--- What the task requires ---
Within the listing below, count the lines that have the string "drop". Answer with that number only.

####

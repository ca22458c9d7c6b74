// The fields of a point that old and new records hold in different ways, for a caller that looks at no others.
ghost use Rattle.std.specs.Prelude.{◌≡◌};
ghost use Rattle.point.specs.Read.{sized_of, read_of};
ghost use Rattle.point.specs.Marks.{marks_read};

use angle::ScanAngle;
use flags::Flags;
use format::Format;
use refusal::Refusal;

#[derive(Clone, Copy)]
pub struct Marks {
    pub flags: Flags,
    pub scan_angle: ScanAngle,
    pub nir: Option<u16>,
}

impl Marks {
    // The marks of the point in the first bytes of s, refused as the point is.
    pub fn read_from(s: &[u8], format: Format) -> Result<Marks, Refusal>
        ensures { result ≡ marks_read (read_of format s.now) }
    {
        match format.len() {
            Ok(n) => read_sized(s, format, n as usize),
            Err(refusal) => Err(refusal),
        }
    }
}

// Those of a format whose record has n bytes.
fn read_sized(s: &[u8], format: Format, n: usize) -> Result<Marks, Refusal>
    ensures { result ≡ marks_read (sized_of format n s.now) }
{
    if s.len() < n {
        return Err(Refusal::Short(n as u64));
    }
    let at = layout::places_for(format);
    Ok(Marks {
        flags: super::flags_at(s, format.is_extended),
        scan_angle: super::angle_at(s, format.is_extended),
        nir: super::nir_at(s, format.has_nir, at.nir),
    })
}
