// A point record, read. From src/raw/point.rs of las 0.11.2: `Waveform`, `Point`, `read_from`, and `Color` from its color.rs.
#![tactic(auto)]

pub mod marks;

ghost use Rattle.std.specs.Prelude.{◌≡◌, cond, [], ◌+◌, ◌≤◌, ltb, length, take, drop};
ghost use Rattle.format.specs.Fields.{record_bytes};
ghost use Rattle.point.specs.Read.{field_of, flags_at, angle_at, time_at, color_at, nir_at, waveform_at, maybe_waveform_at, point_of, sized_of, read_of, extra_of, no_point};

use angle::ScanAngle;
use flags::Flags;
use format::{Field, Format};
use le::float::F64;
use refusal::Refusal;

#[derive(Clone, Copy)]
pub struct Color {
    pub red: u16,
    pub green: u16,
    pub blue: u16,
}

// The patterns of a waveform's floats where they are NaNs, and 0 elsewhere.
#[derive(Clone, Copy)]
pub struct WaveformNans {
    pub return_point_waveform_location: u32,
    pub x_t: u32,
    pub y_t: u32,
    pub z_t: u32,
}

#[derive(Clone, Copy)]
pub struct Waveform {
    pub wave_packet_descriptor_index: u8,
    pub byte_offset_to_waveform_data: u64,
    pub waveform_packet_size_in_bytes: u32,
    pub return_point_waveform_location: f32,
    pub x_t: f32,
    pub y_t: f32,
    pub z_t: f32,
    pub nans: WaveformNans,
}

// A point without its extra bytes, which stay in the caller's slice. The source id stands before the flags, unlike in the Rust: so
// flags and angle are eight bytes that overlap with nothing of a refusal, and stay in a register where a point is read and written.
#[derive(Clone, Copy)]
pub struct Point {
    pub x: i32,
    pub y: i32,
    pub z: i32,
    pub intensity: u16,
    pub point_source_id: u16,
    pub flags: Flags,
    pub scan_angle: ScanAngle,
    pub user_data: u8,
    pub gps_time: Option<F64>,
    pub color: Option<Color>,
    pub waveform: Option<Waveform>,
    pub nir: Option<u16>,
}

impl Point {
    // The point in the first bytes of s; refused 8 where the format is overlong, then 1 where bytes are lacking.
    pub fn read_from(s: &[u8], format: Format) -> Result<Point, Refusal>
        ensures { result ≡ read_of format s.now }
    {
        let n = format.len()?;
        read_sized(s, format, n as usize)
    }
}

// All zero, with two-byte flags and a rank, and nothing that may be missing.
impl Default for Point {
    ghost is_default = { λ p. p ≡ no_point };

    fn default() -> Point {
        Point {
            x: 0,
            y: 0,
            z: 0,
            intensity: 0,
            flags: Flags::default(),
            scan_angle: ScanAngle::default(),
            user_data: 0,
            point_source_id: 0,
            gps_time: None,
            color: None,
            waveform: None,
            nir: None,
        }
    }
}

// The point's extra bytes, as a part of s; none where the read is refused.
pub fn extra_bytes(s: &[u8], format: Format) -> &[u8]
    ensures { result.now ≡ extra_of format s.now }
{
    match format.len() {
        Ok(n) => extra_sized(s, format, n as usize),
        Err(_) => &s[..0],
    }
}

// The point of a format whose record has n bytes.
fn read_sized(s: &[u8], format: Format, n: usize) -> Result<Point, Refusal>
    requires { n ≡ record_bytes format }
    ensures { result ≡ sized_of format n s.now }
{
    if s.len() < n {
        return Err(Refusal::Short(n as u64));
    }
    Ok(read_whole(s, format))
}

// The fields of a record, each at the format's place for it.
fn read_whole(s: &[u8], format: Format) -> Point
    requires { record_bytes format ≤ length s.now }
    ensures { result ≡ point_of format s.now }
{
    let at = layout::places_for(format);
    Point {
        x: le::i32_at(s, 0),
        y: le::i32_at(s, 4),
        z: le::i32_at(s, 8),
        intensity: le::u16_at(s, 12),
        flags: flags_at(s, format.is_extended),
        scan_angle: angle_at(s, format.is_extended),
        user_data: le::u8_at(s, 17),
        point_source_id: le::u16_at(s, at.point_source_id),
        gps_time: time_at(s, format.has_gps_time, at.gps_time),
        color: color_at(s, format.has_color, at.color),
        waveform: waveform_at(s, format.has_waveform, at.waveform),
        nir: nir_at(s, format.has_nir, at.nir),
    }
}

// The extra bytes of a record of n bytes, which are its last.
fn extra_sized(s: &[u8], format: Format, n: usize) -> &[u8]
    requires { n ≡ record_bytes format }
    ensures { result.now ≡ cond (ltb (length s.now) n) [] (field_of format Field.ExtraBytes s.now) }
{
    if s.len() < n {
        return &s[..0];
    }
    let at = layout::places_for(format).extra_bytes;
    &s[at..n]
}

// The flags: three bytes in extended formats, else two.
fn flags_at(s: &[u8], is_extended: bool) -> Flags
    ensures { result ≡ flags_at is_extended 14 s.now }
{
    let a = le::u8_at(s, 14);
    let b = le::u8_at(s, 15);
    if is_extended {
        return Flags::ThreeByte(a, b, le::u8_at(s, 16));
    }
    Flags::TwoByte(a, b)
}

// The angle: scaled in extended formats, else a rank.
fn angle_at(s: &[u8], is_extended: bool) -> ScanAngle
    ensures { result ≡ angle_at is_extended (cond is_extended 18 16) s.now }
{
    if is_extended {
        return ScanAngle::Scaled(le::i16_at(s, 18));
    }
    ScanAngle::Rank(le::i8_at(s, 16))
}

// The n bytes of s from a place on. What reads them then tests no length: the compiler knows this one.
fn part_at(s: &[u8], at: usize, n: usize) -> &[u8]
    requires { at + n ≤ length s.now }
    ensures { result.now ≡ take n (drop at s.now) }
{
    &s[at..at + n]
}

// The time, where the format has it.
fn time_at(s: &[u8], has: bool, at: usize) -> Option<F64>
    requires { at + cond has 8 0 ≤ length s.now }
    ensures { result ≡ time_at has at s.now }
{
    if has {
        let part = part_at(s, at, 8);
        return Some(le::f64_at(part, 0));
    }
    None
}

// The colour, where the format has it.
fn color_at(s: &[u8], has: bool, at: usize) -> Option<Color>
    requires { at + cond has 6 0 ≤ length s.now }
    ensures { result ≡ color_at has at s.now }
{
    if has {
        let part = part_at(s, at, 6);
        return Some(Color {
            red: le::u16_at(part, 0),
            green: le::u16_at(part, 2),
            blue: le::u16_at(part, 4),
        });
    }
    None
}

// The near infrared, where the format has it: 0 is a number like any other.
fn nir_at(s: &[u8], has: bool, at: usize) -> Option<u16>
    ensures { result ≡ nir_at has at s.now }
{
    if has {
        return Some(le::u16_at(s, at));
    }
    None
}

// The waveform, where the format has it.
fn waveform_at(s: &[u8], has: bool, at: usize) -> Option<Waveform>
    requires { at + cond has 29 0 ≤ length s.now }
    ensures { result ≡ maybe_waveform_at has at s.now }
{
    if has {
        let part = part_at(s, at, 29);
        return Some(Waveform::read_from(part));
    }
    None
}

impl Waveform {
    // The waveform in the first bytes of s; a byte past the end counts as 0.
    fn read_from(s: &[u8]) -> Waveform
        ensures { result ≡ waveform_at 0 s.now }
    {
        let location = le::f32_at(s, 13);
        let x_t = le::f32_at(s, 17);
        let y_t = le::f32_at(s, 21);
        let z_t = le::f32_at(s, 25);
        let nans = WaveformNans {
            return_point_waveform_location: location.nan,
            x_t: x_t.nan,
            y_t: y_t.nan,
            z_t: z_t.nan,
        };
        Waveform {
            wave_packet_descriptor_index: le::u8_at(s, 0),
            byte_offset_to_waveform_data: le::u64_at(s, 1),
            waveform_packet_size_in_bytes: le::u32_at(s, 9),
            return_point_waveform_location: location.value,
            x_t: x_t.value,
            y_t: y_t.value,
            z_t: z_t.value,
            nans,
        }
    }
}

####

--- Task solution ---
2